Veja que a balada, que era algo altamente satisfatório para as amigas de Fabiana, tornou-se algo altamente aversivo para a nossa personagem. Logo, toda tarde de sexta-feira passou a ser um pré-aversivo para Fabiana, como um aviso que ela estaria exposta a algo ruim logo mais à noite. A partir daí, dado todo o contexto, surgiram vários sintomas (sintomas, não causas, ok?) como: a misteriosa dor de cabeça, sensação de falta de ar, picadas nas mãos e nos pés, sensação de desmaio, dores no peito e palpitações, boca seca, além da probabilidade de ficar aborrecida com os colegas de trabalho.
A situação pode ficar tão grave que Fabiana pode até generalizar todos os acontecimentos da sexta-feira para as quintas-feiras, quartas… Enfim, pode sentir-se tão ansiosa, o tempo todo e com todos os sintomas acumulados, que passaria a ter insônia e outros sintomas agravados, sendo que a causa real do problema estaria bem distante. Isso poderia enganar várias pessoas, inclusive a própria Fabiana.
Sei que enxergar a doença psicossomática dessa forma não é assim tão fácil, mas devemos sempre ir em busca das causas reais, para efetivamente implementar o tratamento adequado que foque a causa do problema e não o sintoma, como muitos fazem.
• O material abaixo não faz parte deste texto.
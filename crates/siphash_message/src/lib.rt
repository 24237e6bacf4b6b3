// SipHash-2-4 of messages.
#![tactic(auto)]

ghost use Rattle.std.specs.Prelude.{◌≡◌, ℕ, ◌*◌, ◌≤◌, ◌<◌, List, length, get_or, set};
ghost use Rattle.words.specs.Bytes.{words_of};
ghost use Rattle.siphash.specs.SipHash.{initial, last_word, sip_hash, compress_all};

use siphash::{compress, finalize, start};
use words::Word;

// The state after n words more, of which word i is word(i). Each caller's walk is code of its own.
pub fn compress_each<F: Fn(usize) -> u64>(v: [u64; 4], n: usize, word: F) -> [u64; 4]
    requires { (i : ℕ) → i < n → F.pre word i }
    ensures { (ws : List ℕ) → length ws ≡ n → ((i : ℕ) (m : ℕ) → i < n → F.post word i m → m ≡ get_or ws i 0)
        → result ≡ compress_all v ws }
{
    let mut r = v;
    for i in 0..n {
        let next = compress(r, word(i));
        r = next;
    }
    r
}

// The state of a key's two words after the first n words of a message.
pub fn absorb(k0: u64, k1: u64, s: &[u8], n: usize) -> [u64; 4]
    requires { n * 8 ≤ length s.now }
    ensures { result ≡ compress_all (initial k0 k1) (words_of 8 n s.now) }
{
    compress_each(start(k0, k1), n, |i| u64::load(s, i * 8))
}

// The same with x in place of word j. By a loop of its own: as a closure for `compress_each` it takes more instructions.
pub fn absorb_changed(k0: u64, k1: u64, s: &[u8], n: usize, j: usize, x: u64) -> [u64; 4]
    requires { n * 8 ≤ length s.now }
    ensures { result ≡ compress_all (initial k0 k1) (set (words_of 8 n s.now) j x) }
{
    let mut r = start(k0, k1);
    for i in 0..n {
        let mut w = u64::load(s, 8 * i);
        if i == j {
            w = x;
        }
        let next = compress(r, w);
        r = next;
    }
    r
}

// The bytes after the last whole word, and the length modulo 256.
fn last_word(s: &[u8]) -> u64
    ensures { result ≡ last_word s.now }
{
    let mut sum = 0;
    for i in (s.len() / 8 * 8..s.len()).rev() {
        sum = sum * 256 + u64::from(s[i]);
    }
    sum + (s.len() % 256) as u64 * 0x100_0000_0000_0000
}

// The hash of a message of any length under a key of 16 bytes.
pub fn hash(key: &[u8], message: &[u8]) -> u64
    requires { length key.now ≡ 16 }
    ensures { result ≡ sip_hash key.now message.now }
{
    let v = absorb(
        u64::load(key, 0),
        u64::load(key, 8),
        message,
        message.len() / 8,
    );
    finalize(compress(v, last_word(message)))
}
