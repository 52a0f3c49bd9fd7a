ghost use Rattle.std.specs.Prelude.{◌≡◌};
ghost use Rattle.exhaustive.specs.Numbers.{number};

use std::alloc::{AllocError, AllocFailed};
use std::fmt;

// Why a line is refused. (With numbers of its own: what the reader says is compared with them.)
#[derive(Clone, Copy)]
pub enum Refusal {
    LineFull = 9,
    NothingBegins = 11,
    NoSentence = 13,
    ShortTable = 16,
    UnknownWord = 21,
}

impl Refusal {
    // The number that is printed of it.
    fn number(self) -> u8
        ensures { result ≡ number self }
    {
        self as u8
    }
}

// A refusal of a line at a place in bytes, counted from 0. (It is 0 also where the refusal speaks of no place, and no option: that 0
// is printed.)
#[derive(Clone, Copy)]
pub struct Fault {
    pub refusal: Refusal,
    pub place: usize,
}

impl fmt::Display for Fault {
    fn fmt<W: fmt::Write>(&self, f: &mut fmt::Formatter<W>) -> fmt::Result {
        let number = self.refusal.number();
        let place = self.place;
        write!(f, "refused {number} at {place}")
    }
}

// Why a line has no trees to print: it is refused, or there is no memory to judge it.
#[derive(Drop)]
pub enum LineError {
    Refused(Fault),
    Memory(AllocError),
}

impl LineError {
    // The line is refused at the place.
    pub(crate) fn refused(refusal: Refusal, place: usize) -> LineError {
        LineError::Refused(Fault { refusal, place })
    }
}

impl From<AllocError> for LineError {
    fn from(error: AllocError) -> LineError {
        LineError::Memory(error)
    }
}

impl<T: Drop> From<AllocFailed<T>> for LineError {
    fn from(error: AllocFailed<T>) -> LineError {
        LineError::Memory(AllocError::from(error))
    }
}
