ghost use Rattle.std.specs.Prelude.{◌-◌, ◌≤◌, length};
ghost use Rattle.std.specs.Iterator.{at_most};

use spellings::spellings::Spellings;
use syntax::spelling::{Literal, Spelling};

// How many bytes at the front of the text pass the test.
fn front<F: Fn(u8) -> bool>(text: &[u8], passes: F) -> usize
    requires { F.IsAlwaysCallable passes }
    ensures { result ≤ length text.now }
{
    text.iter()
        .position(|byte| !passes(*byte))
        .unwrap_or(text.len())
}

// Whether the byte may stand in a run.
fn in_run(byte: u8) -> bool {
    byte.is_ascii_alphanumeric() || byte == b'_'
}

// The words of a line from a place on, each with its place.
#[derive(Drop)]
pub struct Words<'a> {
    line: &'a [u8],
    from: usize,
    ghost within: { from ≤ length line.now },
}

impl<'a> Words<'a> {
    // The words of the line.
    pub(crate) fn of(line: &'a [u8]) -> Words<'a> {
        Words { line, from: 0 }
    }
}

impl<'a> Iterator for Words<'a> {
    type Item = (&'a [u8], usize);

    ghost remaining = { λ w. at_most (length w.line.now - w.from) };

    // A word is a run of letters, digits and underscores, as long as it can be, or one other byte; spaces part words.
    fn next(&mut self) -> Option<(&'a [u8], usize)> {
        let line = self.line;
        let place = self.from + front(&line[self.from..], |byte| byte == b' ');
        if place == line.len() {
            return None;
        }
        let run = front(&line[place..], in_run);
        let end = if run == 0 { place + 1 } else { place + run };
        self.from = end;
        Some((&line[place..end], place))
    }
}

// Whether each byte is a digit.
fn is_number(word: &[u8]) -> bool {
    word.iter().all(|byte| byte.is_ascii_digit())
}

// Whether the word begins as a name does.
fn is_name(word: &[u8]) -> bool {
    word.first()
        .is_some_and(|byte| byte.is_ascii_alphabetic() || *byte == b'_')
}

// The kind of the literal with the word's bytes.
fn literal_kind(spellings: &Spellings, word: &[u8]) -> Option<u8> {
    let literal = Literal::new(word)?;
    spellings.kind_of(&Spelling::Literal(literal))
}

// The kind of a word: its literal's, else that of `NUM` for a number and of `NAME` for a name.
pub(crate) fn kind_of(spellings: &Spellings, word: &[u8]) -> Option<u8> {
    if let Some(kind) = literal_kind(spellings, word) {
        return Some(kind);
    }
    if is_number(word) {
        return spellings.kind_of(&Spelling::Num);
    }
    if is_name(word) {
        return spellings.kind_of(&Spelling::Name);
    }
    None
}
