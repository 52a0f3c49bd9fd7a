use crate::book::Book;
use crate::position::{Position, Span};
use crate::trees::Trees;
use std::alloc::{AllocError, Global};
use std::collections::HashMap;

mod counting;

// What is known already of the trees of each production over one span. Productions go by their numbers, from 1 to 32.
type Known = [Option<Trees>; 33];

// The words of a line, by their kinds, and what is known already over each span of them, by the book that says what they
// mean.
#[derive(Drop)]
pub struct Forest<'b> {
    pub book: &'b Book,
    words: Vec<u8>,
    known: HashMap<Span, Known>,
}

impl<'b> Forest<'b> {
    // No words.
    pub(crate) fn new(heap: Global, book: &'b Book) -> Forest<'b> {
        Forest {
            book,
            words: Vec::new(heap),
            known: HashMap::new(heap),
        }
    }

    // Adds a word of a kind.
    pub(crate) fn push(&mut self, kind: u8) -> Result<(), AllocError> {
        self.words.push(kind)?;
        Ok(())
    }

    // The span of all words.
    pub(crate) fn span(&self) -> Span {
        Span {
            from: 0,
            to: self.words.len(),
        }
    }

    // Whether the word at the place is of the kind.
    pub(crate) fn has(&self, place: usize, kind: u8) -> bool {
        self.words.get(place).is_some_and(|word| *word == kind)
    }
}
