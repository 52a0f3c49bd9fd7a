use std::fmt;

// How many trees there are, stopping at 4,294,967,295, and the smallest of their prices, stopping there too.
#[derive(Clone, Copy)]
pub struct Trees {
    pub count: u32,
    pub price: u32,
}

impl Trees {
    // No trees (no option: these are the neutral element of `or`).
    pub const NONE: Trees = Trees {
        count: 0,
        price: u32::MAX,
    };

    // One tree, or one part of a tree, of this price.
    pub(crate) fn one(price: u32) -> Trees {
        Trees { count: 1, price }
    }

    // Whether there is none.
    pub(crate) fn is_none(self) -> bool {
        self.count == 0
    }

    // These trees and the others.
    pub(crate) fn or(self, others: Trees) -> Trees {
        Trees {
            count: self.count.saturating_add(others.count),
            price: self.price.min(others.price),
        }
    }

    // Each of these parts of trees with each of the others.
    pub(crate) fn and(self, others: Trees) -> Trees {
        Trees {
            count: self.count.saturating_mul(others.count),
            price: self.price.saturating_add(others.price),
        }
    }
}

impl fmt::Display for Trees {
    fn fmt<W: fmt::Write>(&self, f: &mut fmt::Formatter<W>) -> fmt::Result {
        let Trees { count, price } = self;
        write!(f, "ok trees {count} price {price}")
    }
}
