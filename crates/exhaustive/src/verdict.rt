use crate::book::Book;
use crate::fault::{LineError, Refusal};
use crate::forest::Forest;
use crate::prefixes::some_begins;
use crate::trees::Trees;
use crate::words::{Words, kind_of};
use std::alloc::Global;

// The most bytes of a line, the most words of one, and the most entries of a table of scores.
const LINE_BYTES: usize = 16384;

const LINE_WORDS: usize = 48;

const TABLE_ENTRIES: usize = 8000;

// Puts a word of a kind, which stands at the place.
fn put_word(heap: Global, forest: &mut Forest, kind: u8, place: usize) -> Result<(), LineError> {
    if forest.span().to >= LINE_WORDS {
        return Err(LineError::refused(Refusal::LineFull, place));
    }
    forest.push(kind)?;
    if some_begins(heap, forest)? {
        return Ok(());
    }
    Err(LineError::refused(Refusal::NothingBegins, place))
}

// The trees of the words, which are those of a line of this length.
fn trees_of_words(forest: &mut Forest, length: usize) -> Result<Trees, LineError> {
    let trees = forest.trees()?;
    if trees.is_none() {
        return Err(LineError::refused(Refusal::NoSentence, length));
    }
    let side = forest.span().to.saturating_add(1);
    let entries = side
        .saturating_mul(side)
        .saturating_mul(forest.book.place_count());
    if entries > TABLE_ENTRIES {
        return Err(LineError::refused(Refusal::ShortTable, 0));
    }
    Ok(trees)
}

// The trees of a line.
pub(crate) fn verdict_of(heap: Global, book: &Book, line: &[u8]) -> Result<Trees, LineError> {
    if line.len() > LINE_BYTES {
        return Err(LineError::refused(Refusal::UnknownWord, LINE_BYTES));
    }
    let mut forest = Forest::new(heap, book);
    for (word, place) in Words::of(line) {
        let unknown = LineError::refused(Refusal::UnknownWord, place);
        let kind = kind_of(book.spellings(), word).ok_or(unknown)?;
        put_word(heap, &mut forest, kind, place)?;
    }
    trees_of_words(&mut forest, line.len())
}
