ghost use Rattle.std.specs.Prelude.{◌<◌};

// The words from one place to another.
#[derive(Clone, Copy, PartialEq, Eq, Hash)]
pub struct Span {
    pub from: usize,
    pub to: usize,
}

impl Span {
    // The part of the span from a place on.
    pub(crate) fn starting(self, from: usize) -> Span {
        Span { from, ..self }
    }

    // The part of the span up to a place.
    pub(crate) fn ending(self, to: usize) -> Span {
        Span { to, ..self }
    }
}

// A position in the right side of a production, which goes by its number.
#[derive(Clone, Copy, PartialEq, Eq, Hash)]
pub struct Position {
    pub production: u8,
    pub index: usize,
}

impl Position {
    // The first position of a production.
    pub(crate) fn first(production: u8) -> Position {
        Position {
            production,
            index: 0,
        }
    }

    // The position behind this one.
    pub(crate) fn next(self) -> Position
        requires { self.index < 6 }
    {
        Position {
            index: self.index + 1,
            ..self
        }
    }
}
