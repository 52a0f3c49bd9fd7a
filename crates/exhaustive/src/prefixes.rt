ghost use Rattle.std.specs.Prelude.{◌<◌};

use crate::forest::Forest;
use crate::position::{Position, Span};
use std::alloc::{AllocError, Global};
use std::collections::HashSet;

// How many steps the trial of trees may go down: it tries each of at most 32 productions at each of at most 49 places
// once, and passes at most six symbols before it goes down.
const STEPS: u32 = 7 * 32 * 49;

// The trial of trees that words begin: the words, and which production was tried at which place.
#[derive(Drop)]
struct Trial<'f, 'b> {
    forest: &'f mut Forest<'b>,
    tried: HashSet<(u8, usize)>,
}

// (position, span and steps go apart: each call in the cycle changes one of them at least, and would rebuild a struct of
// the three)
impl<'f, 'b> Trial<'f, 'b> {
    // Whether the words of the span begin the words of a tree of the production. Where the production is being tried at
    // this place, or was tried in vain, a second try finds nothing new.
    #[cycle(prefixes)]
    fn begins(&mut self, production: u8, span: Span, steps: u32) -> Result<bool, AllocError> {
        let is_new = self.tried.insert((production, span.from))?;
        Ok(is_new && self.begins_from(Position::first(production), span, steps)?)
    }

    // Whether the words of the span begin the words of a tree of one of the productions. (a loop, as below: each step may
    // lack memory)
    #[cycle(prefixes)]
    fn begins_any(
        &mut self,
        productions: &[u8],
        span: Span,
        steps: u32,
    ) -> Result<bool, AllocError> {
        for production in productions {
            if self.begins(*production, span, steps)? {
                return Ok(true);
            }
        }
        Ok(false)
    }

    // Whether the words of the span begin words that the nonterminal at the position and the symbols behind it may stand
    // over, with the words of a tree at the position first.
    #[cycle(prefixes)]
    fn begins_behind(&mut self, at: Position, span: Span, steps: u32) -> Result<bool, AllocError>
        requires { at.index < 6 }
    {
        for middle in span.from..=span.to {
            if self.forest.can_stand(at, span.ending(middle))?
                && self.begins_from(at.next(), span.starting(middle), steps)?
            {
                return Ok(true);
            }
        }
        Ok(false)
    }

    // Whether the words of the span begin words that the symbols at the position and behind it may stand over.
    #[cycle(prefixes)]
    fn begins_from(&mut self, at: Position, span: Span, steps: u32) -> Result<bool, AllocError> {
        let book = self.forest.book;
        if steps == 0 {
            return Ok(false);
        }
        if span.from >= span.to {
            return Ok(book.can_end(at));
        }
        match book.symbol(at) {
            // the words end inside the nonterminal, or behind it
            Some(nonterminal) if nonterminal < 16 => {
                Ok(
                    book.can_end(at.next()) && self.begins_any(book.children(at), span, steps - 1)?
                        || self.begins_behind(at, span, steps - 1)?,
                )
            }
            Some(kind) if self.forest.has(span.from, kind) => {
                self.begins_from(at.next(), span.starting(span.from + 1), steps - 1)
            }
            _ => Ok(false),
        }
    }
}

// Whether the words begin the words of a tree of the grammar.
pub(crate) fn some_begins(heap: Global, forest: &mut Forest) -> Result<bool, AllocError> {
    let book = forest.book;
    let span = forest.span();
    let mut trial = Trial {
        forest,
        tried: HashSet::new(heap),
    };
    trial.begins_any(book.roots(), span, STEPS)
}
Por isso, sempre afirmo aos meus pacientes que as dores, sensações físicas e o sofrimento são reais, mas quando não encontramos as causas orgânicas, devemos buscar as causas contextuais para termos sucesso no tratamento.
Por isso, nunca negligencie seu problema, sua dor ou os problemas ou dores de terceiros. Nada acontece por acaso. Tudo tem uma causa e toda causa um tratamento específico, que pode até fugir à lógica convencional, mas talvez valha a pena conhecer e experimentar.